*What is expected*
Look through the records below for the line with "pub(crate) fn as_slice(&self) -> &[u64]". Return that line and each one after it up to and including the line with "point < length", exactly.

*Dataset entries*
════
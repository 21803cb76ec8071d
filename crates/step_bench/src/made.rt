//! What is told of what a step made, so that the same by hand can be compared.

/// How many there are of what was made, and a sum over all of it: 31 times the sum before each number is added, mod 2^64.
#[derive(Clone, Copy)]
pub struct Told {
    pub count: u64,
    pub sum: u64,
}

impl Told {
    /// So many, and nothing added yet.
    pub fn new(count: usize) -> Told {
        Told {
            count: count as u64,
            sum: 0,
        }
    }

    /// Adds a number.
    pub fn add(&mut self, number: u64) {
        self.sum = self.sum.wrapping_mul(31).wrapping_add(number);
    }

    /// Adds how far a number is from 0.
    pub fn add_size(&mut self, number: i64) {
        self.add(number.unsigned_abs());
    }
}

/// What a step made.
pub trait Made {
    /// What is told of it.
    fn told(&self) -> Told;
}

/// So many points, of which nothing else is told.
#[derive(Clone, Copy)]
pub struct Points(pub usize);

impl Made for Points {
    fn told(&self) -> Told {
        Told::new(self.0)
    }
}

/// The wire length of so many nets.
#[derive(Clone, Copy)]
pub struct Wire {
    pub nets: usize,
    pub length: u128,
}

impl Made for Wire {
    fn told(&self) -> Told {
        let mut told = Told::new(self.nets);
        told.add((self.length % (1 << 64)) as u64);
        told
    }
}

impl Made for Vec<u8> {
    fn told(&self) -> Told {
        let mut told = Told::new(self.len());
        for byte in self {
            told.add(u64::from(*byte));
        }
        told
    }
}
════
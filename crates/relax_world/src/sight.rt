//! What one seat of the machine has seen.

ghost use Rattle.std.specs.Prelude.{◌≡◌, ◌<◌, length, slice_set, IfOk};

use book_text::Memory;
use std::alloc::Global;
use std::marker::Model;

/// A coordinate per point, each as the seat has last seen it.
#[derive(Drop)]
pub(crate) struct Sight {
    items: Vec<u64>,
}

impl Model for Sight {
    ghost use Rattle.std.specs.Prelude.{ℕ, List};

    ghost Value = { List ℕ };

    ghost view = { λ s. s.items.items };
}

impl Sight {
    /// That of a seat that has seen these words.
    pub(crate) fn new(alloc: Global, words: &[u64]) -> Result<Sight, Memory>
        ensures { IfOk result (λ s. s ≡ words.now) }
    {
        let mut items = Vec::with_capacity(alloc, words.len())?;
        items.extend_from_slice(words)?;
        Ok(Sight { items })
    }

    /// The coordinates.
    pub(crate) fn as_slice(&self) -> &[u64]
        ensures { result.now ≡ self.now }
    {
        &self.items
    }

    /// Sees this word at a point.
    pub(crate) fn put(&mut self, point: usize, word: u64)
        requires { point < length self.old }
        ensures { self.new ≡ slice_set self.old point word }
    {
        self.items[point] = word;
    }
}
════
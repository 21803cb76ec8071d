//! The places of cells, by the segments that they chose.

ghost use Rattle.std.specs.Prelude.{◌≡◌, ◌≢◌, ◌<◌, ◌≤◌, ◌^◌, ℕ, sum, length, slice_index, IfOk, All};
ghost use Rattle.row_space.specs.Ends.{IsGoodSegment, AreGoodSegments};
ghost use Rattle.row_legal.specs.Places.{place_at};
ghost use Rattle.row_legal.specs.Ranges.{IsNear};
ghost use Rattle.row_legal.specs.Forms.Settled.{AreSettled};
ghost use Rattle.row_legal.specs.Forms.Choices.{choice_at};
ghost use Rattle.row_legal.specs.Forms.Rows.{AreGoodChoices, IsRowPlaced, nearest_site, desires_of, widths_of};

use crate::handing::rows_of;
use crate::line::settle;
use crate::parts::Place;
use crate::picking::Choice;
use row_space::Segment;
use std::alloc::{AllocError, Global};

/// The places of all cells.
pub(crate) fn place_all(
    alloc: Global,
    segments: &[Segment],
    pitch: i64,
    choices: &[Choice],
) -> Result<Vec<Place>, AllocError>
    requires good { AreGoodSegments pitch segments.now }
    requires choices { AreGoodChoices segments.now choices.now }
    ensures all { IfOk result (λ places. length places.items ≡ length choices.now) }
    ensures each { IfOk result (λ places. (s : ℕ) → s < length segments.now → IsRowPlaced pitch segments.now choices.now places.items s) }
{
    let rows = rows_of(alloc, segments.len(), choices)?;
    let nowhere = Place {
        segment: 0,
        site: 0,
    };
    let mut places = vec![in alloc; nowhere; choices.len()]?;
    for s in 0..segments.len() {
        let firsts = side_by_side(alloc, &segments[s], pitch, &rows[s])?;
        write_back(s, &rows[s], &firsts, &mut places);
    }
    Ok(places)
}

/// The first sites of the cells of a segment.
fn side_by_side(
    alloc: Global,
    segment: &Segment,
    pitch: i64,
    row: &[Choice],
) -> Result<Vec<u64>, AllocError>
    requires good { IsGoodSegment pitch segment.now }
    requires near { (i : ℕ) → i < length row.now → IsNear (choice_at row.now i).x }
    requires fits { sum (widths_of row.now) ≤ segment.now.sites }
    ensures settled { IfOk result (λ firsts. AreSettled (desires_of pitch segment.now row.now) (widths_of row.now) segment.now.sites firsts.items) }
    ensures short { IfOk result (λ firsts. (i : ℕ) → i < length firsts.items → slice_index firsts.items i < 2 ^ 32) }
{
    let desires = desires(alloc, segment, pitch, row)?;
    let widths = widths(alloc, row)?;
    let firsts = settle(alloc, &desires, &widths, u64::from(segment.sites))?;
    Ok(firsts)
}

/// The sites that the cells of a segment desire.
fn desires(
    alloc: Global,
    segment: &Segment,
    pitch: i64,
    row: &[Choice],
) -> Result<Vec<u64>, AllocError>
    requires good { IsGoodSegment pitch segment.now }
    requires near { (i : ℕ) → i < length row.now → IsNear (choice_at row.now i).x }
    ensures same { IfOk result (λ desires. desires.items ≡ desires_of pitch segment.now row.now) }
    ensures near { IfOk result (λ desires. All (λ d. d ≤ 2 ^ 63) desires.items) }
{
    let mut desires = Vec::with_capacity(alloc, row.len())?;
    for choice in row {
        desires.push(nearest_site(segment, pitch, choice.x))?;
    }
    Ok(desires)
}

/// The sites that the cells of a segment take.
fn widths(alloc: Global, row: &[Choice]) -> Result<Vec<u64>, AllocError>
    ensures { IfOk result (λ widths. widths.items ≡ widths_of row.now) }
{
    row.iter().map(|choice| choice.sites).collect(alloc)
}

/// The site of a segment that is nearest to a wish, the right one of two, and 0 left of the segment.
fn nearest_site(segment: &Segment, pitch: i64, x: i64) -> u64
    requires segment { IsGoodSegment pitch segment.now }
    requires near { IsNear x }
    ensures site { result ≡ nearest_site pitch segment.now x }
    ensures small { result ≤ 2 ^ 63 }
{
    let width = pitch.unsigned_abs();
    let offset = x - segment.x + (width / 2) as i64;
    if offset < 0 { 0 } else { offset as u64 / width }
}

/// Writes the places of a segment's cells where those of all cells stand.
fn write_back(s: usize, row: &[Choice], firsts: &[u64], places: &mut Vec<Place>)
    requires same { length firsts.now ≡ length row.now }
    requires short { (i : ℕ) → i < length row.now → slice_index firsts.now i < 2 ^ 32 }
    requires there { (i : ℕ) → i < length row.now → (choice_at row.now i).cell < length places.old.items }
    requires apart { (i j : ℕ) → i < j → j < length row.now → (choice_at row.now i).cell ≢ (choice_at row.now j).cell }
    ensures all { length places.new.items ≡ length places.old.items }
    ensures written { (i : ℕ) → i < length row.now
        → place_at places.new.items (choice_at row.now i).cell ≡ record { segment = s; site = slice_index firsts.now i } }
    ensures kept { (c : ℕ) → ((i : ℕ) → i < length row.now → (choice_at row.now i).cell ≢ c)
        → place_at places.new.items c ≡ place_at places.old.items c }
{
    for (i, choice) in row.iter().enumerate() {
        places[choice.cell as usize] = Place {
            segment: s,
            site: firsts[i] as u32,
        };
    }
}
════
*Response to the exercise*
    pub(crate) fn as_slice(&self) -> &[u64]
        ensures { result.now ≡ self.now }
    {
        &self.items
    }

    /// Sees this word at a point.
    pub(crate) fn put(&mut self, point: usize, word: u64)
        requires { point < length self.old }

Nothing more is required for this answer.